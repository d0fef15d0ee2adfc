//! The search of a tree by many workers.

ghost use Rattle.std.specs.Prelude.{◌≡◌, ℕ, true, false, ◌<◌, ◌≤◌, [], ◌∷◌, List as list, vec_len, IfOk};
ghost use Rattle.ap_paths.specs.Entries.{entries_of};
ghost use Rattle.ap_paths.specs.Limits.{AreWithin, part};
ghost use Rattle.ap_paths.specs.History.{is_legal, has_stop, open_of};
ghost use Rattle.ap_paths.specs.Merging.{merged};
ghost use Rattle.ap_tools.specs.declared.events.Event.{Event};
ghost use Rattle.ap_tools.specs.States.{WorkersState, start_state};
ghost use Rattle.ap_tools.specs.Traces.{AreSeats, IsInOrder, EventsLead};
ghost use Rattle.ap_tools.specs.Seats.{logs_of};
ghost use Rattle.ap_tools.specs.Planned.{ArePlanned};

use crate::jobs::{Job, lone_tools, make_jobs, make_tools, turned};
use crate::run::{finish, run_all};
use crate::work::work;
use ap_defs::memory::Memory;
use ap_io::Gate;
use ap_paths::{Closed, Limit, Tree};
use ap_tools::{Shape, SharedBook};
use std::alloc::Global;
use std::marker::Brand;
use std::sync::Wait;
use std::thread::Threads;

/// A search by one worker.
fn search_alone<W: Shape, R: Wait, T: Tree, G: Gate>(
    rt: &R,
    alloc: Global,
    tree: &T,
    limit: Limit,
    gate: &G,
) -> Result<Closed, Memory>
    requires { T.choices tree.now ≡ W.choices }
    ensures legal { IfOk result (λ c. (is_legal (entries_of c.history) ≡ true)
        × (has_stop (entries_of c.history) ≡ false) × (open_of (entries_of c.history) ≡ [])) }
    ensures planned { IfOk result (λ c. ArePlanned (T.choices tree.now) (T.plan tree.now)
        (entries_of c.history)) }
    ensures within { IfOk result (λ c. AreWithin limit (entries_of c.history)) }
    ensures seats { IfOk result (λ c. (c.logs ≡ logs_of 1 c.history)
        × AreSeats 1 (entries_of c.history)) }
    ensures order { IfOk result (λ c. IsInOrder ([] ∷ []) (entries_of c.history)) }
{
    let tools = lone_tools::<W>(alloc)?;
    let (book, mut seats) = SharedBook::make(alloc, 1, limit)?;
    let Some(seat) = seats.pop() else {
        unreachable!()
    };
    let Job {
        seat,
        tools: _tools,
    } = work(rt, alloc, tree, gate, &book, Job { seat, tools });
    seats.push(seat)?;
    finish(alloc, tree, book, seats)
}

/// A search by several workers.
fn search_beside<W: Shape + Send, R: Threads + Wait + Sync, T: Tree, G: Gate>(
    rt: &R,
    alloc: Global,
    tree: &T,
    workers: u32,
    limit: Limit,
    gate: &G,
) -> Result<Closed, Memory>
    requires count { (0 < workers) × (workers ≤ 64) }
    requires shape { T.choices tree.now ≡ W.choices }
    ensures legal { IfOk result (λ c. (is_legal (entries_of c.history) ≡ true)
        × (has_stop (entries_of c.history) ≡ false) × (open_of (entries_of c.history) ≡ [])) }
    ensures planned { IfOk result (λ c. ArePlanned (T.choices tree.now) (T.plan tree.now)
        (entries_of c.history)) }
    ensures within { IfOk result (λ c. AreWithin limit (entries_of c.history)) }
    ensures seats { IfOk result (λ c. (c.logs ≡ logs_of workers c.history)
        × AreSeats workers (entries_of c.history)) }
{
    let tools = make_tools::<W>(alloc, workers)?;
    let (book, seats) = SharedBook::make(alloc, workers, limit)?;
    let jobs = make_jobs(alloc, seats, tools)?;
    let seats = run_all(rt, alloc, tree, gate, &book, turned(jobs))?;
    finish(alloc, tree, book, seats)
}

/// The same, where the tree has this shape.
fn search_in<W: Shape + Send, R: Threads + Wait + Sync, T: Tree, G: Gate>(
    rt: &R,
    alloc: Global,
    tree: &T,
    workers: u32,
    limit: Limit,
    gate: &G,
) -> Result<Closed, Memory>
    requires count { (0 < workers) × (workers ≤ 64) }
    requires shape { T.choices tree.now ≡ W.choices }
    ensures legal { IfOk result (λ c. (is_legal (entries_of c.history) ≡ true)
        × (has_stop (entries_of c.history) ≡ false) × (open_of (entries_of c.history) ≡ [])) }
    ensures planned { IfOk result (λ c. ArePlanned (T.choices tree.now) (T.plan tree.now)
        (entries_of c.history)) }
    ensures within { IfOk result (λ c. AreWithin limit (entries_of c.history)) }
    ensures seats { IfOk result (λ c. (c.logs ≡ logs_of workers c.history)
        × AreSeats workers (entries_of c.history)) }
    ensures order { workers ≡ 1 → IfOk result (λ c. IsInOrder ([] ∷ []) (entries_of c.history)) }
{
    if workers == 1 {
        search_alone::<W, R, T, G>(rt, alloc, tree, limit, gate)
    } else {
        search_beside::<W, R, T, G>(rt, alloc, tree, workers, limit, gate)
    }
}

/// The history of a search of the tree by 1 to 64 workers, of which so many answers are wanted.
///
/// It is legal, has no Stop, and nothing is open at its end. Each Split has just the kids that the
/// tree answers at its path, each Done is of a path where it answers outputs, with these, and each Skip
/// is of a path before which as many answers had ended as are wanted. So the outputs in path order, as far
/// as they are wanted, are those of the tree at the empty path, however many workers there are. Each entry
/// has the number of the seat that made it. The history is that of some permitted list of events; of
/// one worker it is in the order of the least open paths. Before each path a worker passes the gate. It may wait.
///
/// The only error is want of memory, in a worker too: the others then stop.
pub fn search_within<R: Threads + Wait + Sync, T: Tree, G: Gate>(
    rt: &R,
    alloc: Global,
    tree: &T,
    workers: u32,
    limit: Limit,
    gate: &G,
) -> Result<Closed, Memory>
    requires { (0 < workers) × (workers ≤ 64) }
    ensures legal { IfOk result (λ c. (is_legal (entries_of c.history) ≡ true)
        × (has_stop (entries_of c.history) ≡ false) × (open_of (entries_of c.history) ≡ [])) }
    ensures planned { IfOk result (λ c. ArePlanned (T.choices tree.now) (T.plan tree.now)
        (entries_of c.history)) }
    ensures within { IfOk result (λ c. AreWithin limit (entries_of c.history)) }
    ensures whole { IfOk result (λ c. part limit (merged (entries_of c.history))
        ≡ part limit (T.at tree.now [])) }
    ensures seats { IfOk result (λ c. (c.logs ≡ logs_of workers c.history)
        × AreSeats workers (entries_of c.history)) }
    ensures order { workers ≡ 1 → IfOk result (λ c. IsInOrder ([] ∷ []) (entries_of c.history)) }
    ensures permitted { IfOk result (λ c. (t : WorkersState) × (events : list Event)
        × EventsLead (T.choices tree.now) (T.at tree.now) (start_state workers) events t
        (entries_of c.history)) }
{
    search_in::<Brand, R, T, G>(rt, alloc, tree, workers, limit, gate)
}

/// The same, where all answers are wanted: no path is left out, and the outputs in path order are all
/// those of the tree.
pub fn search<R: Threads + Wait + Sync, T: Tree, G: Gate>(
    rt: &R,
    alloc: Global,
    tree: &T,
    workers: u32,
    gate: &G,
) -> Result<Closed, Memory>
    requires { (0 < workers) × (workers ≤ 64) }
    ensures legal { IfOk result (λ c. (is_legal (entries_of c.history) ≡ true)
        × (has_stop (entries_of c.history) ≡ false) × (open_of (entries_of c.history) ≡ [])) }
    ensures planned { IfOk result (λ c. ArePlanned (T.choices tree.now) (T.plan tree.now)
        (entries_of c.history)) }
    ensures whole { IfOk result (λ c. merged (entries_of c.history) ≡ T.at tree.now []) }
    ensures seats { IfOk result (λ c. (c.logs ≡ logs_of workers c.history)
        × AreSeats workers (entries_of c.history)) }
    ensures order { workers ≡ 1 → IfOk result (λ c. IsInOrder ([] ∷ []) (entries_of c.history)) }
    ensures permitted { IfOk result (λ c. (t : WorkersState) × (events : list Event)
        × EventsLead (T.choices tree.now) (T.at tree.now) (start_state workers) events t
        (entries_of c.history)) }
{
    search_within(rt, alloc, tree, workers, Limit::All, gate)
}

● **Requirement**: Your task is to restate, word for word, the lines from the beginning of the records to the line with "use std::thread::Threads;", inclusive.

● **Response area**:
repository d0fef15d0ee2adfc
//! The search of a tree by many workers.

ghost use Rattle.std.specs.Prelude.{◌≡◌, ℕ, true, false, ◌<◌, ◌≤◌, [], ◌∷◌, List as list, vec_len, IfOk};
ghost use Rattle.ap_paths.specs.Entries.{entries_of};
ghost use Rattle.ap_paths.specs.Limits.{AreWithin, part};
ghost use Rattle.ap_paths.specs.History.{is_legal, has_stop, open_of};
ghost use Rattle.ap_paths.specs.Merging.{merged};
ghost use Rattle.ap_tools.specs.declared.events.Event.{Event};
ghost use Rattle.ap_tools.specs.States.{WorkersState, start_state};
ghost use Rattle.ap_tools.specs.Traces.{AreSeats, IsInOrder, EventsLead};
ghost use Rattle.ap_tools.specs.Seats.{logs_of};
ghost use Rattle.ap_tools.specs.Planned.{ArePlanned};

use crate::jobs::{Job, lone_tools, make_jobs, make_tools, turned};
use crate::run::{finish, run_all};
use crate::work::work;
use ap_defs::memory::Memory;
use ap_io::Gate;
use ap_paths::{Closed, Limit, Tree};
use ap_tools::{Shape, SharedBook};
use std::alloc::Global;
use std::marker::Brand;
use std::sync::Wait;
use std::thread::Threads;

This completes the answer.